*Instructions to follow*
There is one span to output from the data below: the lines starting at the line with "None => match" and ending at the line with "in these blocks.". Output it exactly, ends included, nothing more.

(Stored items)
○ ○ ○ ○

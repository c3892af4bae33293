//! What the rules of a litmus test can name, and the replies for which rules ask.
ghost use Rattle.std.specs.Prelude.{◌≡◌, ◌++◌, IfErr, IfOk, OnOk};
ghost use Rattle.std.specs.List.{flat_map, list_any};
ghost use Rattle.l4_text.specs.Tokens.{tokens_of};
ghost use Rattle.l4_text.specs.declared.faults.RunFault.TheVariants.{Memory};
ghost use Rattle.l4_orders.specs.declared.parts.PlanFault.TheVariants.{Stopped};
ghost use Rattle.l4_orders.specs.Reading.{line_in, lines_in};
ghost use Rattle.l4_orders.specs.Inside.Parts.{ChecksRules, Completes};
ghost use Rattle.l4_orders.specs.Possible.{is_answered, is_stuck_at, is_stuck_in, is_told, is_left, can_have, are_asked, is_possible, first_impossible, threads_of, is_asked, reply_line, ask, ask_all, is_over_threads, all_queries};

use crate::numbers::put_number;
use crate::parts::{LineFault, PlanFault, add};
use crate::plans::{Block, Plan, PlanLine};
use l4_fpage::PageSize;
use l4_names::Names;
use l4_rules::{
    can_answer, is_allowance, is_reply_of, is_stuck, over_threads, query_of, rule_answer,
};
use l4_text::RunFault;
use std::alloc::{AllocError, Global};

/// Returns whether a line queries the reply of this thread.
fn is_asked(size: PageSize, names: &Names, thread: u32, line: &PlanLine) -> bool
    ensures { result ≡ is_asked size names.now thread (line_in line.now) }
{
    match query_of(size, names, line.bytes.as_slice()) {
        Some(query) => is_reply_of(thread, query),
        None => false,
    }
}

/// Returns whether one of these lines queries the reply of this thread.
fn asks_for(size: PageSize, names: &Names, thread: u32, lines: &[PlanLine]) -> bool
    ensures { result
        ≡ list_any (λ line. is_asked size names.now thread (line_in line)) lines.now }
{
    lines.iter().any(|line| is_asked(size, names, thread, line))
}

/// Returns whether the query in a line can have the answer.
fn is_answered(size: PageSize, names: &Names, answer: &[u8], line: &PlanLine) -> bool
    ensures { result ≡ is_answered size names.now (tokens_of answer.now) line.now }
{
    match query_of(size, names, line.bytes.as_slice()) {
        Some(query) => can_answer(names, query, answer),
        None => false,
    }
}

/// Returns whether the answer says that a thread is stuck before one of these lines.
fn is_stuck_at(names: &Names, answer: &[u8], thread: u32, lines: &[PlanLine]) -> bool
    ensures { result ≡ is_stuck_at names.now (tokens_of answer.now) thread lines.now }
{
    lines
        .iter()
        .any(|line| is_stuck(names, thread, line.number, answer))
}

/// Returns whether the answer says that a thread is stuck before one of its lines.
fn is_stuck_in(names: &Names, answer: &[u8], block: &Block) -> bool
    ensures { result ≡ is_stuck_in names.now (tokens_of answer.now) block.now }
{
    if block.cancels {
        return false;
    }
    is_stuck_at(names, answer, block.thread, block.lines.as_slice())
}

/// Returns whether a query of the test can have the answer.
fn is_told(size: PageSize, plan: &Plan, answer: &[u8]) -> bool
    ensures { result ≡ is_told size plan.now (tokens_of answer.now) }
{
    plan.queries
        .iter()
        .any(|line| is_answered(size, &plan.names, answer, line))
}

/// Returns whether the answer says that a thread of the test is stuck before one of its lines.
fn is_left(plan: &Plan, answer: &[u8]) -> bool
    ensures { result ≡ is_left plan.now (tokens_of answer.now) }
{
    plan.blocks
        .iter()
        .any(|block| is_stuck_in(&plan.names, answer, block))
}

/// Returns whether an outcome of the test can have the answer.
fn can_have(size: PageSize, plan: &Plan, answer: &[u8]) -> bool
    ensures { result ≡ can_have size plan.now (tokens_of answer.now) }
{
    is_told(size, plan, answer) || is_left(plan, answer)
}

/// Returns whether queries ask for the replies of all of these threads.
fn are_asked(size: PageSize, plan: &Plan, threads: &[u32]) -> bool
    ensures { result ≡ are_asked size plan.now threads.now }
{
    threads.iter().all(|thread| asks_for(size, &plan.names, *thread, plan.queries.as_slice()))
}

/// Returns whether the rule in a line names an answer that an outcome of the test can have, or lets only these threads wait.
fn is_possible(size: PageSize, plan: &Plan, threads: &[u32], line: &[u8]) -> bool
    ensures { result ≡ is_possible size plan.now threads.now (tokens_of line.now) }
{
    match over_threads(line) {
        Some((_, rest)) => is_allowance(&plan.names, threads, rest)
            && are_asked(size, plan, threads),
        None => match rule_answer(line) {
            Some(answer) => can_have(size, plan, answer),
            None => true,
        },
    }
}

/// Returns the number of the first of these lines whose rule names an answer that no outcome can have.
fn first_impossible(size: PageSize, plan: &Plan, threads: &[u32], lines: &[PlanLine]) -> Option<u64>
    ensures { result ≡ first_impossible size plan.now threads.now lines.now }
{
    for line in lines {
        if !is_possible(size, plan, threads, line.bytes.as_slice()) {
            return Some(line.number);
        }
    }
    None
}

/// Adds the threads that have lines in these blocks.
fn add_threads(threads: &mut Vec<u32>, blocks: &[Block]) -> Result<(), AllocError>
    ensures { OnOk result (threads.new.items ≡ threads_of threads.old.items blocks.now) }
{
    for block in blocks {
        if !block.cancels {
            threads.extend_from_slice(&[block.thread])?;
        }
    }
    Ok(())
}

/// Returns the text of a query for the reply of a thread.
fn reply_text(alloc: Global, thread: u32) -> Result<Vec<u8>, AllocError>
    ensures { IfOk result (λ text. text.items ≡ (reply_line thread).bytes) }
{
    let mut text = Vec::new(alloc);
    text.extend_from_slice(b"reply ")?;
    put_number(alloc, u64::from(thread), &mut text)?;
    Ok(text)
}

/// Queries the reply of a thread, unless it is queried already.
fn ask(
    alloc: Global,
    size: PageSize,
    names: &Names,
    thread: u32,
    queries: &mut Vec<PlanLine>,
) -> Result<(), PlanFault>
    ensures ok { OnOk result (lines_in queries.new.items
        ≡ ask size names.now (lines_in queries.old.items) thread) }
    ensures err { IfErr result (λ e. e ≡ Stopped Memory) }
{
    if asks_for(size, names, thread, queries.as_slice()) {
        return Ok(());
    }
    let Ok(bytes) = reply_text(alloc, thread) else {
        return Err(PlanFault::Stopped(RunFault::Memory));
    };
    let line = PlanLine { number: 0, bytes };
    if is_asked(size, names, thread, &line) {
        return add(queries, line);
    }
    Ok(())
}

/// Queries the replies of these threads.
fn ask_all(
    alloc: Global,
    size: PageSize,
    names: &Names,
    threads: &[u32],
    queries: &mut Vec<PlanLine>,
) -> Result<(), PlanFault>
    ensures ok { OnOk result (lines_in queries.new.items
        ≡ ask_all size names.now (lines_in queries.old.items) threads.now) }
    ensures err { IfErr result (λ e. e ≡ Stopped Memory) }
{
    for thread in threads {
        match ask(alloc, size, names, *thread, queries) {
            Ok(()) => {}
            Err(fault) => return Err(fault),
        }
    }
    Ok(())
}

/// Returns whether the rule in one of these lines is about all threads.
fn has_over_threads(lines: &[PlanLine]) -> bool
    ensures { result ≡ list_any (λ line. is_over_threads (line_in line)) lines.now }
{
    lines
        .iter()
        .any(|line| over_threads(line.bytes.as_slice()).is_some())
}

/// Queries the replies of these threads, if a rule is about all threads.
fn ask_for_rules(
    alloc: Global,
    size: PageSize,
    threads: &[u32],
    plan: &mut Plan,
) -> Result<(), PlanFault>
    ensures ok { OnOk result (lines_in plan.new.queries.items
        ≡ all_queries size plan.old.names (lines_in plan.old.queries.items) threads.now) }
    ensures err { IfErr result (λ e. e ≡ Stopped Memory) }
    ensures same { (plan.new.first ≡ plan.old.first) × ((plan.new.blocks ≡ plan.old.blocks) × (plan.new.names ≡ plan.old.names)) }
{
    if has_over_threads(plan.queries.as_slice()) {
        return ask_all(alloc, size, &plan.names, threads, &mut plan.queries);
    }
    Ok(())
}

/// Checks that an outcome can have each line that a rule names. These are the threads that rules over all threads can let wait.
fn check_rules(size: PageSize, threads: &[u32], plan: Plan) -> Result<Plan, PlanFault>
    ensures { ChecksRules size threads.now plan result }
{
    match first_impossible(size, &plan, threads, plan.queries.as_slice()) {
        Some(number) => Err(PlanFault::Malformed(number, LineFault::NoAnswer)),
        None => Ok(plan),
    }
}

/// Queries the replies for which rules ask, and checks that an outcome can have each line that a rule names. The threads are those that
/// lines create.
pub(crate) fn complete(
    alloc: Global,
    size: PageSize,
    created: Vec<u32>,
    plan: Plan,
) -> Result<Plan, PlanFault>
    ensures { Completes size created.items plan result }
{
    let mut threads = created;
    let mut plan = plan;
    match add_threads(&mut threads, plan.blocks.as_slice()) {
        Ok(()) => {}
        Err(_) => return Err(PlanFault::Stopped(RunFault::Memory)),
    }
    match ask_for_rules(alloc, size, threads.as_slice(), &mut plan) {
        Ok(()) => {}
        Err(fault) => return Err(fault),
    }
    check_rules(size, threads.as_slice(), plan)
}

○ ○ ○ ○

*Response below*
        None => match rule_answer(line) {
            Some(answer) => can_have(size, plan, answer),
            None => true,
        },
    }
}

/// Returns the number of the first of these lines whose rule names an answer that no outcome can have.
fn first_impossible(size: PageSize, plan: &Plan, threads: &[u32], lines: &[PlanLine]) -> Option<u64>
    ensures { result ≡ first_impossible size plan.now threads.now lines.now }
{
    for line in lines {
        if !is_possible(size, plan, threads, line.bytes.as_slice()) {
            return Some(line.number);
        }
    }
    None
}

/// Adds the threads that have lines in these blocks.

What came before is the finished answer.